:: Required work ::
Copy the full listing exactly.

━━━━━ Input data

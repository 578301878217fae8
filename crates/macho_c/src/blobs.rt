//! The blobs of the code signature of an image. (`mach-o/loader.h`: `LC_CODE_SIGNATURE`; `cs_blobs.h`)

ghost use Rattle.std.specs.Prelude.{◌≡◌, ◌+◌, ◌≤◌, length};
ghost use Rattle.macho_fields.specs.Bytes.{bytes_of};
ghost use Rattle.macho_c.specs.Blobs.{blob_row, first_blob, blobs_left, HasAllBlobs, IsFirstPlaced};
ghost use Rattle.macho_rows.specs.Cursor.{start, begun, IsBatch};
ghost use Rattle.macho_rows.specs.Image.{image_in, ShowsUnbroken};

use macho_fields::header::loader::LC_CODE_SIGNATURE;
use macho_fields::{Bytes, Order, Span};
use macho_rows::cursor::KesvuotCursor;
use macho_rows::image::KesvuotImage;
use macho_rows::linkedit::named_data;
use macho_rows::parts::part_or_none;
use macho_rows::span::{Held, KesvuotSpan};
use macho_rows::table::{Table, fill};
use macho_signature::{Blob, Superblob};

/// A blob of a code signature. (`CS_BlobIndex`, `CS_GenericBlob`)
#[repr(C)]
#[derive(Clone, Copy)]
pub struct KesvuotBlob {
    /// Where it lies in the file, with its magic number and its length.
    pub bytes: KesvuotSpan,
    /// Its kind in the signature, `type` of its entry.
    pub slot: u32,
    /// Its own kind, the magic number.
    pub magic: u32,
}

/// Writes the blobs of the code signature from the cursor on to the rows of the table, until either runs out, moves
/// the cursor past them, and returns how many it wrote. Later rows are unchanged. They are from the first
/// `LC_CODE_SIGNATURE`, in the order of its index, up to the first that is not past the index and the blob before it,
/// or does not end in the superblob. Only the first batch looks for the command.
#[unsafe(no_mangle)]
pub extern "C" fn kesvuot_read_blobs(
    file: &[u8],
    image: &KesvuotImage,
    cursor: &mut KesvuotCursor,
    rows: &mut [KesvuotBlob],
) -> usize
    ensures rows { IsBatch (blobs_left image.now.slice.offset (image_in file.now image.now)) cursor.old
        cursor.new result rows.old rows.new }
    ensures all { ShowsUnbroken file.now image.now
        → HasAllBlobs image.now.slice.offset (image_in file.now image.now)
        (blobs_left image.now.slice.offset (image_in file.now image.now) start) }
{
    let blobs = Blobs {
        image: image.held(file),
    };
    fill(&blobs, cursor, rows)
}

// The blobs of the code signature of an image.
#[derive(Clone, Copy)]
struct Blobs<'a> {
    image: Held<'a>,
}

impl<'a> Blobs<'a> {
    // Where the table is read on. The cursor has the index of the next entry, where the signature begins in the
    // image, its size, and the least offset of the next blob in it.
    fn begun(&self, cursor: &KesvuotCursor) -> KesvuotCursor
        ensures { result ≡ begun (first_blob (bytes_of self.now.image.bytes)) cursor.now }
    {
        if cursor.place != 0 {
            return *cursor;
        }
        let data = named_data(self.image.bytes, LC_CODE_SIGNATURE);
        KesvuotCursor {
            place: 0,
            commands: 0,
            segment: data.start,
            items: data.len,
        }
    }
}

impl<'a> Table for Blobs<'a> {
    ghost use Rattle.macho_fields.specs.Bytes.{bytes_of};
    ghost use Rattle.macho_c.specs.Blobs.{blobs_left};

    type Row = KesvuotBlob;

    ghost left = { λ t. blobs_left t.image.place (bytes_of t.image.bytes) };

    fn next(&self, cursor: &mut KesvuotCursor) -> Option<KesvuotBlob> {
        let at = self.begun(cursor);
        let data = Span {
            start: at.segment,
            len: at.items,
        };
        let signature = Bytes::new(part_or_none(self.image.bytes, data));
        let blob = blob_from(signature, at.place, at.commands)?;
        *cursor = KesvuotCursor {
            place: at.place + 1,
            commands: blob.end(),
            segment: at.segment,
            items: at.items,
        };
        Some(row_of(&self.image, at.segment, signature, blob))
    }
}

// The blob of the entry with this index, where it is in place, at an offset or past it.
fn blob_from(signature: Bytes, index: u64, least: u64) -> Option<Blob>
    ensures { IsFirstPlaced (bytes_of signature.entry) index least result }
{
    let superblob = Superblob::read(signature)?;
    if index >= u64::from(superblob.count) {
        return None;
    }
    superblob.blob(signature, index as u32, least.max(superblob.index_end()))
}

// The row of a blob, in a signature that begins at `start` in the image.
fn row_of(image: &Held, start: u64, signature: Bytes, blob: Blob) -> KesvuotBlob
    requires image { start + length (bytes_of signature) ≤ length (bytes_of image.now.bytes) }
    requires fields { blob.offset + 4 ≤ length (bytes_of signature) }
    ensures { result ≡ blob_row image.now.place (bytes_of image.now.bytes) start (bytes_of signature.entry) blob }
{
    let offset = u64::from(blob.offset);
    prove!(image.bytes.len() <= u64::MAX);
    KesvuotBlob {
        bytes: image.part(start + offset, u64::from(blob.length)),
        slot: blob.slot,
        magic: signature.read_u32(Order::Big, offset),
    }
}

━━━━━━━━━━

:: Written answer ::
repository 578301878217fae8
filename crates/macho_c/src/blobs.rt
//! The blobs of the code signature of an image. (`mach-o/loader.h`: `LC_CODE_SIGNATURE`; `cs_blobs.h`)

ghost use Rattle.std.specs.Prelude.{◌≡◌, ◌+◌, ◌≤◌, length};
ghost use Rattle.macho_fields.specs.Bytes.{bytes_of};
ghost use Rattle.macho_c.specs.Blobs.{blob_row, first_blob, blobs_left, HasAllBlobs, IsFirstPlaced};
ghost use Rattle.macho_rows.specs.Cursor.{start, begun, IsBatch};
ghost use Rattle.macho_rows.specs.Image.{image_in, ShowsUnbroken};

use macho_fields::header::loader::LC_CODE_SIGNATURE;
use macho_fields::{Bytes, Order, Span};
use macho_rows::cursor::KesvuotCursor;
use macho_rows::image::KesvuotImage;
use macho_rows::linkedit::named_data;
use macho_rows::parts::part_or_none;
use macho_rows::span::{Held, KesvuotSpan};
use macho_rows::table::{Table, fill};
use macho_signature::{Blob, Superblob};

/// A blob of a code signature. (`CS_BlobIndex`, `CS_GenericBlob`)
#[repr(C)]
#[derive(Clone, Copy)]
pub struct KesvuotBlob {
    /// Where it lies in the file, with its magic number and its length.
    pub bytes: KesvuotSpan,
    /// Its kind in the signature, `type` of its entry.
    pub slot: u32,
    /// Its own kind, the magic number.
    pub magic: u32,
}

/// Writes the blobs of the code signature from the cursor on to the rows of the table, until either runs out, moves
/// the cursor past them, and returns how many it wrote. Later rows are unchanged. They are from the first
/// `LC_CODE_SIGNATURE`, in the order of its index, up to the first that is not past the index and the blob before it,
/// or does not end in the superblob. Only the first batch looks for the command.
#[unsafe(no_mangle)]
pub extern "C" fn kesvuot_read_blobs(
    file: &[u8],
    image: &KesvuotImage,
    cursor: &mut KesvuotCursor,
    rows: &mut [KesvuotBlob],
) -> usize
    ensures rows { IsBatch (blobs_left image.now.slice.offset (image_in file.now image.now)) cursor.old
        cursor.new result rows.old rows.new }
    ensures all { ShowsUnbroken file.now image.now
        → HasAllBlobs image.now.slice.offset (image_in file.now image.now)
        (blobs_left image.now.slice.offset (image_in file.now image.now) start) }
{
    let blobs = Blobs {
        image: image.held(file),
    };
    fill(&blobs, cursor, rows)
}

// The blobs of the code signature of an image.
#[derive(Clone, Copy)]
struct Blobs<'a> {
    image: Held<'a>,
}

impl<'a> Blobs<'a> {
    // Where the table is read on. The cursor has the index of the next entry, where the signature begins in the
    // image, its size, and the least offset of the next blob in it.
    fn begun(&self, cursor: &KesvuotCursor) -> KesvuotCursor
        ensures { result ≡ begun (first_blob (bytes_of self.now.image.bytes)) cursor.now }
    {
        if cursor.place != 0 {
            return *cursor;
        }
        let data = named_data(self.image.bytes, LC_CODE_SIGNATURE);
        KesvuotCursor {
            place: 0,
            commands: 0,
            segment: data.start,
            items: data.len,
        }
    }
}

impl<'a> Table for Blobs<'a> {
    ghost use Rattle.macho_fields.specs.Bytes.{bytes_of};
    ghost use Rattle.macho_c.specs.Blobs.{blobs_left};

    type Row = KesvuotBlob;

    ghost left = { λ t. blobs_left t.image.place (bytes_of t.image.bytes) };

    fn next(&self, cursor: &mut KesvuotCursor) -> Option<KesvuotBlob> {
        let at = self.begun(cursor);
        let data = Span {
            start: at.segment,
            len: at.items,
        };
        let signature = Bytes::new(part_or_none(self.image.bytes, data));
        let blob = blob_from(signature, at.place, at.commands)?;
        *cursor = KesvuotCursor {
            place: at.place + 1,
            commands: blob.end(),
            segment: at.segment,
            items: at.items,
        };
        Some(row_of(&self.image, at.segment, signature, blob))
    }
}

// The blob of the entry with this index, where it is in place, at an offset or past it.
fn blob_from(signature: Bytes, index: u64, least: u64) -> Option<Blob>
    ensures { IsFirstPlaced (bytes_of signature.entry) index least result }
{
    let superblob = Superblob::read(signature)?;
    if index >= u64::from(superblob.count) {
        return None;
    }
    superblob.blob(signature, index as u32, least.max(superblob.index_end()))
}

// The row of a blob, in a signature that begins at `start` in the image.
fn row_of(image: &Held, start: u64, signature: Bytes, blob: Blob) -> KesvuotBlob
    requires image { start + length (bytes_of signature) ≤ length (bytes_of image.now.bytes) }
    requires fields { blob.offset + 4 ≤ length (bytes_of signature) }
    ensures { result ≡ blob_row image.now.place (bytes_of image.now.bytes) start (bytes_of signature.entry) blob }
{
    let offset = u64::from(blob.offset);
    prove!(image.bytes.len() <= u64::MAX);
    KesvuotBlob {
        bytes: image.part(start + offset, u64::from(blob.length)),
        slot: blob.slot,
        magic: signature.read_u32(Order::Big, offset),
    }
}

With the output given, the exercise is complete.